An $n$-type semiconductor is made up of impurity atoms that could donate electrons to the lattice, which causes conduction. Hence they are called donor atoms. Since they donate electrons, these donor atoms become positively ionized. On the other hand, in a $p$- type semiconductor, the impurity atoms are called acceptor atoms, as they create a deficiency in the sea of electrons and hence appears a s a vacant site left by a electron. These entities are called holes and are assumed to be positive. Hence the acceptor atoms are negatively ionized as these vacant sites have a high probability of capturing electrons nearby.
First of all, don't think that a $pn$ junction is not formed by taking individually a $p$-type and an $n$ type and combining them. They are developed on a single semiconductor crystal. Now, the answer to your question.
Can someone let me know why wouldn't the electron just beside the $(+)$ move towards it and neutralize everything......
The concentration of electrons is higher than that of holes in the $n$-type semiconductor and reverse for the holes. In other words, electrons are majority carriers in an $n$-type semiconductor and holes are majority carriers in a $p$-type semiconductor. So, at the junction or the interface between the two types, there is a concentration gradient of charge carriers and hence they would diffuse across the junction and recombine, thereby depleting the electrons in the $n$- region and hols in the $p$-region. Hence the name depletion region.

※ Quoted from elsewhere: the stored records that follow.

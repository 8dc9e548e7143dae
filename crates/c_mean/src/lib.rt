//! The meaning of C programs: what a behaviour is (`specs/Behaviour.antt`), and on which inputs a program promises
//! something.
#![tactic(auto)]
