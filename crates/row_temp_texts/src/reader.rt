//! Functions, and placements of their temporaries, from their texts.

use crate::insns::{Around, behind, insn};
use alloc_model::allocation::{Allocation, EdgeCode, TempPlace, Transfer};
use anyhow::{Context, Result, ensure};
use bk_containers::{Name, Seq};
use pass_checks::{Parts, function_of};
use pass_core::function::{Func, MemoryLocal};
use row_sheets::number::{number, numbers};
use std::alloc::{AllocError, Global};
use temp_ir::insn::TempInsn;
use temp_ir::text_parts::put_insn;

/// A placement of the temporaries of a function.
#[derive(Drop)]
pub struct Placement {
    /// Whether a line of it was read.
    pub is_given: bool,
    at: Seq<Seq<Transfer>>,
    regs: Seq<Seq<u8>>,
    edges: Vec<EdgeCode>,
}

/// What was read.
#[derive(Drop)]
pub struct TempReader {
    alloc: Global,
    around: Around,
    pub functions: Vec<Func<TempInsn>>,
    pub placements: Vec<Placement>,
    function: Option<Parts<TempInsn>>,
    placement: Placement,
    /// The transfers that were read since the last instruction.
    transfers: Seq<Transfer>,
}

/// A placement of which nothing was read.
fn no_placement(alloc: Global) -> Placement {
    Placement {
        is_given: false,
        at: Seq::new(alloc),
        regs: Seq::new(alloc),
        edges: Vec::new(alloc),
    }
}

/// The number of a word, which is 32 bits long.
fn small(text: &str) -> Result<u32> {
    Ok(u32::try_from(number(text)?)?)
}

/// The number of a register.
pub fn register(text: &str) -> Result<u8> {
    Ok(u8::try_from(behind(text, "$")?)?)
}

/// How many parameters each function of a text has.
fn params_of(alloc: Global, given: &str) -> Result<Vec<u32>> {
    let mut params = Vec::new(alloc);
    for line in given.lines() {
        if let Some(count) = line.strip_prefix("params ") {
            params.push(small(count)?)?;
        }
    }
    Ok(params)
}

/// A transfer, if the word is that of one.
pub fn transfer(word: &str, rest: &str) -> Result<Option<Transfer>> {
    let mut words = rest.split(' ');
    let temp = words.next().unwrap_or("");
    let first = words.next().unwrap_or("");
    match word {
        "store" => Ok(Some(Transfer::Store {
            temp: behind(temp, "t")?,
            reg: register(first)?,
        })),
        "load" => Ok(Some(Transfer::Load {
            temp: behind(temp, "t")?,
            reg: register(first)?,
        })),
        "move" => Ok(Some(Transfer::Shift {
            temp: behind(temp, "t")?,
            from: register(first)?,
            to: register(words.next().unwrap_or(""))?,
        })),
        _ => Ok(None),
    }
}

/// Empty maps, as many as there are blocks.
fn empty_maps(alloc: Global, count: usize) -> Result<Seq<Seq<TempPlace>>, AllocError> {
    let mut maps = Seq::new(alloc);
    for _ in 0..count {
        maps.push(Seq::new(alloc))?;
    }
    Ok(maps)
}

/// The allocation of a function by a placement.
pub fn allocation(alloc: Global, f: &Func<TempInsn>, placement: Placement) -> Result<Allocation> {
    let Placement {
        at,
        regs,
        edges,
        ..
    } = placement;
    Ok(Allocation {
        func: temp_ir::copy_fn(alloc, f)?,
        top: empty_maps(alloc, f.blocks.len())?,
        bottom: empty_maps(alloc, f.blocks.len())?,
        at,
        regs,
        edges: Seq::from_vec(edges),
        journal: Seq::new(alloc),
    })
}

impl TempReader {
    /// What stands in a text.
    pub fn of(alloc: Global, given: &str) -> Result<TempReader> {
        let mut reader = TempReader {
            alloc,
            around: Around {
                params: params_of(alloc, given)?,
                service: 0,
            },
            functions: Vec::new(alloc),
            placements: Vec::new(alloc),
            function: None,
            placement: no_placement(alloc),
            transfers: Seq::new(alloc),
        };
        for line in given.lines() {
            reader.take(line)?;
        }
        reader.end_function()?;
        Ok(reader)
    }

    /// Ends the function that was begun, if there is one.
    fn end_function(&mut self) -> Result<()> {
        let alloc = self.alloc;
        if let Some(parts) = self.function.take() {
            let function = function_of(alloc, parts)?.context("a function is not lawful")?;
            self.functions.push(function)?;
            let placement = std::mem::replace(&mut self.placement, no_placement(alloc));
            self.placements.push(placement)?;
        }
        Ok(())
    }

    /// Begins a function.
    fn begin_function(&mut self, name: &str) -> Result<()> {
        self.end_function()?;
        self.function = Some(Parts {
            name: Name::from_slice(self.alloc, name.as_bytes())?,
            params: 0,
            registers: 0,
            objects: Seq::new(self.alloc),
            blocks: Vec::new(self.alloc),
        });
        Ok(())
    }

    /// The function that was begun.
    fn parts(&mut self) -> Result<&mut Parts<TempInsn>> {
        self.function.as_mut().context("no function was begun")
    }

    /// The transfers that were read since the last instruction, which are left out from now on.
    fn take_transfers(&mut self) -> Seq<Transfer> {
        let alloc = self.alloc;
        std::mem::replace(&mut self.transfers, Seq::new(alloc))
    }

    /// Reads a transfer: of the edge that was read last, or of the instruction that comes.
    fn take_transfer(&mut self, transfer: Transfer) -> Result<()> {
        self.placement.is_given = true;
        match self.placement.edges.last_mut() {
            Some(edge) => edge.code.push(transfer)?,
            None => self.transfers.push(transfer)?,
        }
        Ok(())
    }

    /// Reads an edge, whose transfers stand behind it.
    fn take_edge(&mut self, rest: &str) -> Result<()> {
        let (from, to) = rest.split_once(' ').context("an edge has two blocks")?;
        let alloc = self.alloc;
        self.placement.is_given = true;
        self.placement.edges.push(EdgeCode {
            from: behind(from, "B")?,
            to: behind(to, "B")?,
            code: Seq::new(alloc),
        })?;
        Ok(())
    }

    /// Reads an instruction and the registers of its temporaries. Its text has to be that which it is shown by.
    fn take_insn(&mut self, rest: &str) -> Result<()> {
        let alloc = self.alloc;
        let (text, given) = rest.split_once(" | ").unwrap_or((rest, ""));
        let insn = insn(alloc, &mut self.around, text)?;
        let mut shown = Vec::new(alloc);
        put_insn(&mut shown, "t", &insn)?;
        ensure!(
            shown.as_slice() == text.as_bytes(),
            "the instruction's text is another one than {text:?}"
        );
        let mut registers = Seq::new(alloc);
        if !given.is_empty() {
            self.placement.is_given = true;
            for register in &numbers(alloc, given)? {
                registers.push(u8::try_from(*register)?)?;
            }
        }
        let transfers = self.take_transfers();
        self.placement.at.push(transfers)?;
        self.placement.regs.push(registers)?;
        let blocks = &mut self.parts()?.blocks;
        blocks.last_mut().context("no block was begun")?.push(insn)?;
        Ok(())
    }

    /// Reads the sizes of memory locals, which begin at multiples of 8.
    fn take_objects(&mut self, rest: &str) -> Result<()> {
        let alloc = self.alloc;
        let sizes = numbers(alloc, rest)?;
        let parts = self.parts()?;
        for size in &sizes {
            parts.objects.push(MemoryLocal {
                size: *size,
                align: 8,
            })?;
        }
        Ok(())
    }

    /// Reads a line.
    fn take(&mut self, line: &str) -> Result<()> {
        let alloc = self.alloc;
        if line.starts_with('B') && line.ends_with(':') {
            self.parts()?.blocks.push(Seq::new(alloc))?;
            return Ok(());
        }
        let (word, rest) = line.split_once(' ').context("a line has a word in front")?;
        if let Some(transfer) = transfer(word, rest)? {
            return self.take_transfer(transfer);
        }
        match word {
            "func" => self.begin_function(rest),
            "edge" => self.take_edge(rest),
            "params" => {
                self.parts()?.params = small(rest)?;
                Ok(())
            }
            "temps" => {
                self.parts()?.registers = small(rest)?;
                Ok(())
            }
            "objects" => self.take_objects(rest),
            "input" | "turns" | "stack" | "globals" => Ok(()),
            _ => {
                let _number = number(word)?;
                self.take_insn(rest)
            }
        }
    }
}
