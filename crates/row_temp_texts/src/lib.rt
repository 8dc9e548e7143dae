//! Reads programs over temporaries, and placements of their temporaries, from the texts in which rows give them.
//!
//! The form of the texts is described at the head of each file of rows (`temp_rows`, `frame_rows`).
#![tactic(auto)]

mod insns;
pub mod reader;
mod words;

pub use insns::behind;
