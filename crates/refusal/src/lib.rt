// The refusals of Rules 7.1: one name for each number.
#![tactic(auto)]

ghost use Rattle.std.specs.Prelude.{◌≡◌};
ghost use Rattle.refusal.specs.Numbers.{number_of};

// Why something handed in was not taken, and its number.
#[derive(Clone, Copy)]
pub enum Refusal {
    TooManyEvents = 1,
    WrongLength = 2,
    SetTooLarge = 3,
    DiagonalNotEq = 4,
    MirrorNotConverse = 5,
    PlacingLength = 6,
    StartNotBeforeEnd = 7,
    SheetTooLong = 8,
    LineForm = 9,
    NameTwice = 10,
    NoSuchEvent = 11,
    AboutItself = 12,
}

// The number of a refusal.
pub fn number_of(refusal: Refusal) -> u8
    ensures { result ≡ number_of refusal }
{
    refusal as u8
}
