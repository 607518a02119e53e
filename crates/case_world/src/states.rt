//! States of cases.

use crate::numbers::{bytes_of, number_of};
use idl_forms::fields::place_for;
use idl_forms::harts::{FieldValue, FieldValues, HartState, Ram, Registers};
use idl_tree::{CsrBody, FieldBodies, Program};
use std::alloc::Global;
use udb_base::{Copied, Full, Name, NoMemory, Space, both};
use udb_cond::{holds, mxlen};

/// The most bytes of a memory.
const ROOM: usize = 65_536;

// What stands behind a name and `=` among words, and `other` where nothing does.
fn given<'a>(words: &'a str, name: &str, other: &'a str) -> &'a str {
    for word in words.split(' ') {
        if let Some((found, value)) = word.split_once('=') {
            if found == name {
                return value;
            }
        }
    }
    other
}

fn registers_of(words: &str) -> Registers {
    let mut registers = Registers::new();
    for word in words.split(' ') {
        if let Some((name, value)) = word.split_once('=') {
            if let Some(place) = name.strip_prefix('x') {
                let place = place.parse::<u8>().unwrap_or(0);
                if place < 32 {
                    registers.set(place, number_of(value));
                }
            }
        }
    }
    registers
}

fn is_present(space: &Space, full: &Full, field: &FieldBodies) -> bool {
    holds(space, &field.present, full)
        && place_for((mxlen(space, full) % 256) as u8, &field.places).is_some()
}

// The number of a field among words, as `CSR.FIELD=NUMBER`.
fn field_number(alloc: Global, words: &str, csr: &Name, field: &Name) -> Result<u64, NoMemory> {
    let name = format!(in alloc; "{}.{}", csr.as_str(), field.as_str())?;
    Ok(number_of(given(words, name.as_str(), "0")))
}

fn push_value(
    alloc: Global,
    words: &str,
    csr: &Name,
    field: &Name,
    values: &mut FieldValues,
) -> Result<(), NoMemory> {
    let number = field_number(alloc, words, csr, field)?;
    let (csr, field) = both(csr.copy(alloc), field.copy(alloc))?;
    values.push(FieldValue { csr, field, number })
}

fn push_values(
    alloc: Global,
    space: &Space,
    full: &Full,
    csr: &CsrBody,
    words: &str,
    values: &mut FieldValues,
) -> Result<(), NoMemory> {
    for field in csr.fields.as_slice() {
        if is_present(space, full, field) {
            push_value(alloc, words, &csr.name, &field.name, values)?;
        }
    }
    Ok(())
}

fn values_of(
    alloc: Global,
    space: &Space,
    full: &Full,
    program: &Program,
    words: &str,
) -> Result<FieldValues, NoMemory> {
    let mut values = FieldValues::new(alloc);
    for csr in program.csrs.as_slice() {
        if holds(space, &csr.present, full) {
            push_values(alloc, space, full, csr, words, &mut values)?;
        }
    }
    Ok(values)
}

fn ram_of(alloc: Global, bytes: &[u8]) -> Result<Ram, NoMemory> {
    if bytes.len() > ROOM {
        return Ram::new(alloc, &[], 0);
    }
    Ram::new(alloc, bytes, bytes.len() as u32)
}

fn memory_of(alloc: Global, text: &str) -> Result<Ram, NoMemory> {
    let bytes = bytes_of(alloc, text)?;
    ram_of(alloc, bytes.as_slice())
}

/// A state with the fields that are present: `x5=NUMBER`, `pc=NUMBER`, `next=NUMBER`, `word=NUMBER`,
/// `CSR.FIELD=NUMBER`, and `ram=BYTES` in hexadecimal digits; what isn't given is 0.
pub fn state_of(
    alloc: Global,
    space: &Space,
    full: &Full,
    program: &Program,
    words: &str,
) -> Result<HartState, NoMemory> {
    let memory = memory_of(alloc, given(words, "ram", ""));
    let (fields, ram) = both(values_of(alloc, space, full, program, words), memory)?;
    Ok(HartState {
        x: registers_of(words),
        pc: number_of(given(words, "pc", "0")),
        next: number_of(given(words, "next", "0")),
        word: (number_of(given(words, "word", "0")) % 4_294_967_296) as u32,
        fields,
        ram,
    })
}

Then why all charges just don't recombine?
Because the flow of carriers across the junction is stopped sometime. The ions are immobile and you can see positive ions in the $n$-side and negative ions in the $p$-side as discussed above.
Suppose our crystal is free from all defects. Then the electrons from the $n$ side has to encounter with the periodic negative potential of the ions in the $p$-side. It's like a potential well problem. Only those electrons having energy sufficient to overcome that potential barrier will diffuse across the junction and recombine. So all charge carriers will not diffuse across the junction and neutralize the polarity. To overcome this potential barrier we need to supply energy to the electrons, which is what we do by forward biasing the $pn$ junction. You need to overcome the electric field in the junction, by an external field.
So, the next question would be, then why the electrons could neutralize the ions in the $n$-side. Of course, the electrons are mobile.
Consider an intrinsic semiconductor. At a given temperature, electron-hole pairs are formed in it and it is called thermal excitation. When you dope it and construct an $n$-type material, then the so called $5^{th}$ valence electron is loosely bound to the parent atom and can be activated at very low temperatures than that required for thermal activation of intrinsic carriers. Hence at ordinary room temperatures, obviously, the $5^{th}$ electron will be detached from the atom and the atom becomes ionized and the electron contributes to conduction.
So, for the ion to re-capture these electrons, and neutralize, it is no possible at ordinary temperatures. At ordinary temperatures, the electron energy level is very higher than the bound energy level of the valence electron. So such a possibility is no there. But that doesn't mean the electrons will not interact with the ions. The electrons have a probability of scattering by the positive potentials. A similar argument can be made at the $p$-side also, which is left as a homework.